A single number is needed: how many lines of the data hold the word "const".

*** Opening of LISTED ENTRIES ***

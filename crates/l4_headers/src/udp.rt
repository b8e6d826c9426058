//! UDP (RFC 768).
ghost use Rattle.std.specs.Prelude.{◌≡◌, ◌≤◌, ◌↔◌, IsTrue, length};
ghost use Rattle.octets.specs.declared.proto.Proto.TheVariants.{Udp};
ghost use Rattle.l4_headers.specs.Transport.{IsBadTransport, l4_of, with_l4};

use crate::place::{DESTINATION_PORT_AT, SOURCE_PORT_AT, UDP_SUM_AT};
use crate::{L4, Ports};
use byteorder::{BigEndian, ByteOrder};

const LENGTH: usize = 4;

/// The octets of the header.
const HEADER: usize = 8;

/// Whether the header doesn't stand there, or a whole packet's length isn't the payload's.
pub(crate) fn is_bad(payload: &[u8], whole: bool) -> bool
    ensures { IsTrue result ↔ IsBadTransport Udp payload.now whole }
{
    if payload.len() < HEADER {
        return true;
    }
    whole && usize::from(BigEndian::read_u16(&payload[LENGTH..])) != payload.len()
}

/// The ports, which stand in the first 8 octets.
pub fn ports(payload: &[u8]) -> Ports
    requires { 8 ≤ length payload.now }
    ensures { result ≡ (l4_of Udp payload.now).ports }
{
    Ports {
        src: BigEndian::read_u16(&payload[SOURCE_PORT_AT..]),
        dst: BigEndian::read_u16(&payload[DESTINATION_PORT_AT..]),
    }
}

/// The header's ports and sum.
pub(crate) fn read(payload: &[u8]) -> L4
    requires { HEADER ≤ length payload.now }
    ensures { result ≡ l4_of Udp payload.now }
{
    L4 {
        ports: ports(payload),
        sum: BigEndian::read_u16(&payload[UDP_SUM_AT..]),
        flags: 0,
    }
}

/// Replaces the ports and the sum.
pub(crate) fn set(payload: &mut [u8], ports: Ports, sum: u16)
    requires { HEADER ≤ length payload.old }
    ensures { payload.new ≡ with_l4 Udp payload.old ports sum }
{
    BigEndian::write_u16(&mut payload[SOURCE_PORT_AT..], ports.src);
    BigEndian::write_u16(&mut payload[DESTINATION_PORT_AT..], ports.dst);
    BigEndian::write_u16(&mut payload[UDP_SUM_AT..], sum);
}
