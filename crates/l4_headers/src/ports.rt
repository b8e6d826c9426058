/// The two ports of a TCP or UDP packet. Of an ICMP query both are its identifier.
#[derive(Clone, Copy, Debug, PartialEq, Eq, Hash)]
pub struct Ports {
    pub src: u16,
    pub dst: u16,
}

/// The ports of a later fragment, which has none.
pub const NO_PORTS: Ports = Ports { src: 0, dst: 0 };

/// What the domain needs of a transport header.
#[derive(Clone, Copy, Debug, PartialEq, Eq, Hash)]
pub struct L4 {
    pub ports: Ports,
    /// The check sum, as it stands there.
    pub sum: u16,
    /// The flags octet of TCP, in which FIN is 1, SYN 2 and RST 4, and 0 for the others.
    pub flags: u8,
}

*** Close of LISTED ENTRIES ***

> _RESPONSE AREA_
3